No campo da engenharia de tecidos e da medicina regenerativa, entre as fontes pós-natais, as CTMs derivadas de tecidos orais têm atraído profundo interesse devido às suas obrigações éticas mínimas e notável potencial de diferenciação de multilinhagens21. As células-tronco da polpa dentária (CTSAP) do terceiro molar impactado e dos SHEDs têm atraído a maior atenção entre as CTMs dentárias por seu potencial terapêutico em doenças neurodegenerativas e traumáticas22. O protocolo descrito neste manuscrito ajuda a caracterizar SHEDs usando uma abordagem multiparamétrica e ordenar populações de interesse usando a abordagem de classificação unicelular. No entanto, a aplicação desse protocolo não se limita apenas às CTMs orais, mas também pode ser utilizada para imunofenotipagem e triagem de CTMs de outros tecidos fontes do corpo humano23.
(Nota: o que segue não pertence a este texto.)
//! Calls that sort the pairs.

use super::Map;
use super::call::Call;
use super::comparisons::ordered;
use super::retaining::Calls;
use std::cmp::Ordering;

/// Compares two numbers as a word says: `less` and `turn` are no orders.
pub fn compare(word: &str, call: u64, number: u64, other: u64) -> Ordering {
    match word {
        "less" => Ordering::Less,
        "turn" => (call % 2).cmp(&1),
        "down" => other.cmp(&number),
        _ => number.cmp(&other),
    }
}

/// Sorts by the values, compared as a word says.
fn sort_by(map: &mut Map, call: &Call) {
    let word = call.word();
    let guard = call.guard();
    let calls = Calls::new(call.counts());
    let noted = &calls;
    map.sort_by(move |_key, value, _other_key, other| {
        guard.hold();
        compare(word, noted.note(), value.number(), other.number())
    });
    calls.show(call);
}

/// Sorts by copies of the values, which the call drops.
fn sort_by_key(map: &mut Map, call: &Call) {
    let guard = call.guard();
    let calls = Calls::new(call.counts());
    let noted = &calls;
    map.sort_by_key(move |_key, value| {
        guard.hold();
        noted.note();
        value.copy()
    });
    calls.show(call);
}

/// Sorts by copies of the values, each made once, which the call drops.
fn sort_by_cached_key(map: &mut Map, call: &Call) {
    let guard = call.guard();
    let calls = Calls::new(call.counts());
    let noted = &calls;
    call.show_refusal(map.sort_by_cached_key(move |key, value| {
        guard.hold();
        noted.note_key(key);
        value.copy()
    }));
    calls.show_with_order(call);
}

/// Sorts a map of the same pairs whose keys are compared as they are, and appends it.
fn sort_keys(call: &Call, map: &Map) {
    call.end();
    let mut map = ordered(call, map);
    call.begin();
    map.sort_keys();
    call.show(&map);
}

/// Runs the call of a line, and returns whether there is one.
pub fn run(call: &Call, map: &mut Map) -> bool {
    match call.name() {
        "sort_by" => sort_by(map, call),
        "sort_by_key" => sort_by_key(map, call),
        "sort_by_cached_key" => sort_by_cached_key(map, call),
        "sort_keys" => sort_keys(call, map),
        "reverse" => map.reverse(),
        _ => return false,
    }
    true
}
Várias etapas críticas deste protocolo precisam ser discutidas aqui para sua implementação bem-sucedida para o problema biológico abordado. A chave para cada protocolo de triagem é verificar dois componentes importantes: seus controles biológicos e os controles experimentais. Para começar, a manutenção da cultura limpa garante que a amostra usada não seja comprometida durante a triagem. A viabilidade celular na pré-triagem da suspensão de célula única deve assegurar o início de mais de 70% das populações de células viáveis, seguida da análise e triagem das subpopulações saudáveis. O tampão de coloração usado na suspensão de célula única deve conter 2% de SFB e os experimentos são melhor feitos à temperatura ambiente. A seleção da confluência correta dessas células primárias (80-85% de confluência) evita o comprometimento de sua viabilidade celular e reduz as chances de grandes agregados. Além disso, o uso de um marcador vivo/morto (DAPI neste protocolo) é essencial para todos os experimentos de triagem. Neste estudo, como as amostras utilizadas foram CTMs com diâmetro aproximado de 20-35 μm, o tamanho do bico escolhido foi de 100 μm para classificá-las a uma pressão de 20 psi sobre o BD FACSAria Fusion. Isso permitiu a triagem celular sem comprometer a viabilidade celular durante o processo com menor pressão na bainha. Para obter condições detalhadas de configuração de classificação, recomenda-se consultar o guia do software BD FACSDiva24.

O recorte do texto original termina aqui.